Exercise description:
Counting task for the entries below: give the number of lines that contain the word "Prelude", with no other text.

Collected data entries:
=-=-=

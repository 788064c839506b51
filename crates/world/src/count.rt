//! A count that only contracts see.
ghost use Rattle.std.specs.Prelude.{◌≡◌, ◌+◌};

use std::marker::Model;
use std::snapshot::Snapshot;

/// How often something happened. Nothing is counted when the program runs.
#[derive(Drop)]
pub struct Count {
    before: Option<Snapshot<Count>>,
}

impl Model for Count {
    ghost use Rattle.std.specs.Prelude.{ℕ};
    ghost use Rattle.world.specs.Counts.{count_of};

    ghost Value = { ℕ };

    ghost view = { λ m. count_of m.before };

    ghost size = { λ n. n };
}

impl Count {
    /// It has not happened yet.
    pub fn zero() -> Count
        ensures { result ≡ 0 }
    {
        Count { before: None }
    }

    /// It happens once more.
    pub fn tick(&mut self)
        ensures { self.new ≡ self.old + 1 }
    {
        let next = Count {
            before: Some(Snapshot::of(&*self)),
        };
        *self = next;
    }
}
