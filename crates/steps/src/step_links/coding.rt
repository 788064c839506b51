//! The line that ends a verb's code: the verb has the program that the lines are.
ghost use Rattle.std.specs.Prelude.{◌≡◌, ℕ, ℤ, Some, None, MatchOption, IfOk, OnOk};
ghost use Rattle.spec_value.specs.Table.{at};
ghost use Rattle.spec_program.specs.ReadPrograms.{Parsed, program as program_read, parsed_lines};
ghost use Rattle.spec_world.specs.World.{World};
ghost use Rattle.spec_world.specs.Members.{verb_changed};
ghost use Rattle.spec_world.specs.Permissions.{in_place};
ghost use Rattle.spec_moo.specs.Steps.Events.{foreground_ticks};
ghost use Rattle.spec_moo.specs.Steps.Programming.{ends, ends_at, ends_with, written};
ghost use Rattle.syntax_fault.specs.Meaning.{IsFaultOrMemory};
ghost use Rattle.moo_task.specs.Deeds.{scene_of};
ghost use Rattle.view.specs.Law.{Goes, Lasts};
ghost use Rattle.builtins_view.specs.Programs.{with_program};
ghost use Rattle.steps.specs.StepsPerformed.{ComesTo, came_to_of};
ghost use Rattle.steps.specs.Ready.{AreReady};
ghost use Rattle.steps.specs.Codes.{HasVerb, HasVerbAt};

use crate::step_links::faults::fault_text;
use crate::step_tasks::finish::Finish;
use crate::step_tasks::opening::says;
use builtins_view::builtins_change::put::put_program;
use moo_compiler::joined::joined;
use moo_compiler::program::Program;
use moo_syntax::parse::parse;
use moo_task::deeds::Deeds;
use moo_tree::statement::Tree;
use moo_value::text::Text;
use player_commands::command_parser::programming::programmable;
use std::alloc::{AllocError, Global};
use syntax_fault::fault::SyntaxFault;
use view::law::View;
use view::link::{Link, Programming};
use view::lists::Lines;
use view::readers::{read_verbs, write_link};
use view::verb::Verb;

/// The lines are over: the verb has their program, if they are one, were not too long, and the player may still program it.
pub(crate) fn end<V: View>(
    alloc: Global,
    view: &mut V,
    deeds: &mut Deeds,
    connection: i32,
    link: &Link,
    programming: &Programming,
) -> Result<Finish, AllocError>
    requires home { V.holds view.old (V.home view.old) }
    requires ready { AreReady V.holds V.now view.old deeds.old }
    requires link { (w : World) → V.holds view.old w → at (V.now view.old w).links connection ≡ Some link.now }
    ensures lasts { Lasts V.holds V.home V.anchor view.old view.new result }
    ensures played { IfOk result (λ o. Goes V.holds V.now view.old view.new (λ before after.
        ComesTo (ends (scene_of deeds.old before foreground_ticks) connection link.now programming.now) after deeds.new o)) }
{
    let place = programmable(
        view,
        link.person,
        programming.object,
        programming.verb.as_str(),
    )?;
    write_link(view, connection, Some(Link::new(link.person)))?;
    let outcome = end_at(alloc, view, deeds, connection, programming, place)?;
    Ok(outcome)
}

// What comes of the lines, by where the verb stands, if the player may program it.
fn end_at<V: View>(
    alloc: Global,
    view: &mut V,
    deeds: &mut Deeds,
    connection: i32,
    programming: &Programming,
    place: Option<usize>,
) -> Result<Finish, AllocError>
    requires home { V.holds view.old (V.home view.old) }
    requires there { (w : World) → V.holds view.old w → HasVerbAt (V.now view.old w) programming.now.object place }
    ensures lasts { Lasts V.holds V.home V.anchor view.old view.new result }
    ensures played { IfOk result (λ o. Goes V.holds V.now view.old view.new (λ before after.
        ComesTo (ends_at (scene_of deeds.old before foreground_ticks) connection programming.now place) after deeds.new o)) }
{
    match place {
        Some(place) => {
            let outcome = end_with(
                alloc,
                view,
                deeds,
                connection,
                programming.object,
                place,
                &programming.lines,
            )?;
            Ok(outcome)
        }
        None => {
            let outcome = says(alloc, deeds, connection, "You can't program that verb.")?;
            Ok(outcome)
        }
    }
}

// What comes of the lines for a verb that may be programmed.
fn end_with<V: View>(
    alloc: Global,
    view: &mut V,
    deeds: &mut Deeds,
    connection: i32,
    object: i32,
    place: usize,
    lines: &Option<Lines>,
) -> Result<Finish, AllocError>
    requires home { V.holds view.old (V.home view.old) }
    requires there { (w : World) → V.holds view.old w → HasVerb (V.now view.old w) object place }
    ensures lasts { Lasts V.holds V.home V.anchor view.old view.new result }
    ensures played { IfOk result (λ o. Goes V.holds V.now view.old view.new (λ before after.
        ComesTo (ends_with (scene_of deeds.old before foreground_ticks) connection object place lines.now) after deeds.new o)) }
{
    match lines {
        Some(lines) => {
            let outcome = put_lines(
                alloc,
                view,
                deeds,
                connection,
                object,
                place,
                lines.as_slice(),
            )?;
            Ok(outcome)
        }
        None => {
            let outcome = says(alloc, deeds, connection, "Not programmed: too long.")?;
            Ok(outcome)
        }
    }
}

// The verb has the program of these lines, or the player is told their fault.
fn put_lines<V: View>(
    alloc: Global,
    view: &mut V,
    deeds: &mut Deeds,
    connection: i32,
    object: i32,
    place: usize,
    lines: &[Text],
) -> Result<Finish, AllocError>
    requires home { V.holds view.old (V.home view.old) }
    requires there { (w : World) → V.holds view.old w → HasVerb (V.now view.old w) object place }
    ensures lasts { Lasts V.holds V.home V.anchor view.old view.new result }
    ensures played { IfOk result (λ o. Goes V.holds V.now view.old view.new (λ before after.
        ComesTo (written (scene_of deeds.old before foreground_ticks) connection object place (parsed_lines lines.now)) after deeds.new o)) }
{
    let text = joined(alloc, lines)?;
    match parse(alloc, text.as_bytes()) {
        Ok(tree) => {
            let outcome = put_tree(alloc, view, deeds, connection, object, place, tree)?;
            Ok(outcome)
        }
        Err(fault) => {
            let outcome = tell_fault(alloc, deeds, connection, fault)?;
            Ok(outcome)
        }
    }
}

// The verb has the program of this tree.
fn put_tree<V: View>(
    alloc: Global,
    view: &mut V,
    deeds: &mut Deeds,
    connection: i32,
    object: i32,
    place: usize,
    tree: Tree,
) -> Result<Finish, AllocError>
    requires home { V.holds view.old (V.home view.old) }
    requires there { (w : World) → V.holds view.old w → HasVerb (V.now view.old w) object place }
    ensures lasts { Lasts V.holds V.home V.anchor view.old view.new result }
    ensures played { IfOk result (λ o. Goes V.holds V.now view.old view.new (λ before after.
        ComesTo (written (scene_of deeds.old before foreground_ticks) connection object place (program_read tree)) after deeds.new o)) }
{
    let program = Program::compile(alloc, tree)?;
    replace_program(alloc, view, object, place, program)?;
    let outcome = says(alloc, deeds, connection, "Verb programmed.")?;
    Ok(outcome)
}

// The verb that stands at a place has another program.
fn replace_program<V: View>(
    alloc: Global,
    view: &mut V,
    object: i32,
    place: usize,
    program: Program,
) -> Result<(), AllocError>
    requires home { V.holds view.old (V.home view.old) }
    requires there { (w : World) → V.holds view.old w → HasVerb (V.now view.old w) object place }
    ensures lasts { Lasts V.holds V.home V.anchor view.old view.new result }
    ensures left { OnOk result (Goes V.holds V.now view.old view.new
        (λ before after. after ≡ verb_changed before object place (with_program program))) }
{
    let Some(verbs) = read_verbs(view, object)? else {
        unreachable!()
    };
    let Some(verb) = verb_at(verbs.as_slice(), place) else {
        unreachable!()
    };
    put_program(alloc, view, object, verbs.as_slice(), place, verb, program)
}

#[tactic(auto, using(rules::proofs::Places::stands_there, rules::proofs::Places::stands_none))]
fn verb_at(verbs: &[Verb], place: usize) -> Option<&Verb>
    ensures { MatchOption result (in_place verbs.now place ≡ None) (λ v. in_place verbs.now place ≡ Some v.now) }
{
    if place < verbs.len() {
        Some(&verbs[place])
    } else {
        None
    }
}

// The player is told of a text's fault, and the verb stays as it is.
fn tell_fault(
    alloc: Global,
    deeds: &mut Deeds,
    connection: i32,
    fault: SyntaxFault,
) -> Result<Finish, AllocError>
    ensures { IfOk result (λ o. (p : Parsed) → IsFaultOrMemory fault p → (w : World) (t : ℕ) (object : ℤ) (place : ℕ)
        → written (scene_of deeds.old w t) connection object place p ≡ came_to_of deeds.new o w) }
{
    let line = fault_text(alloc, fault)?;
    line.know();
    let outcome = says(alloc, deeds, connection, line.as_str())?;
    Ok(outcome)
}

=-=-=

Output of the task:
3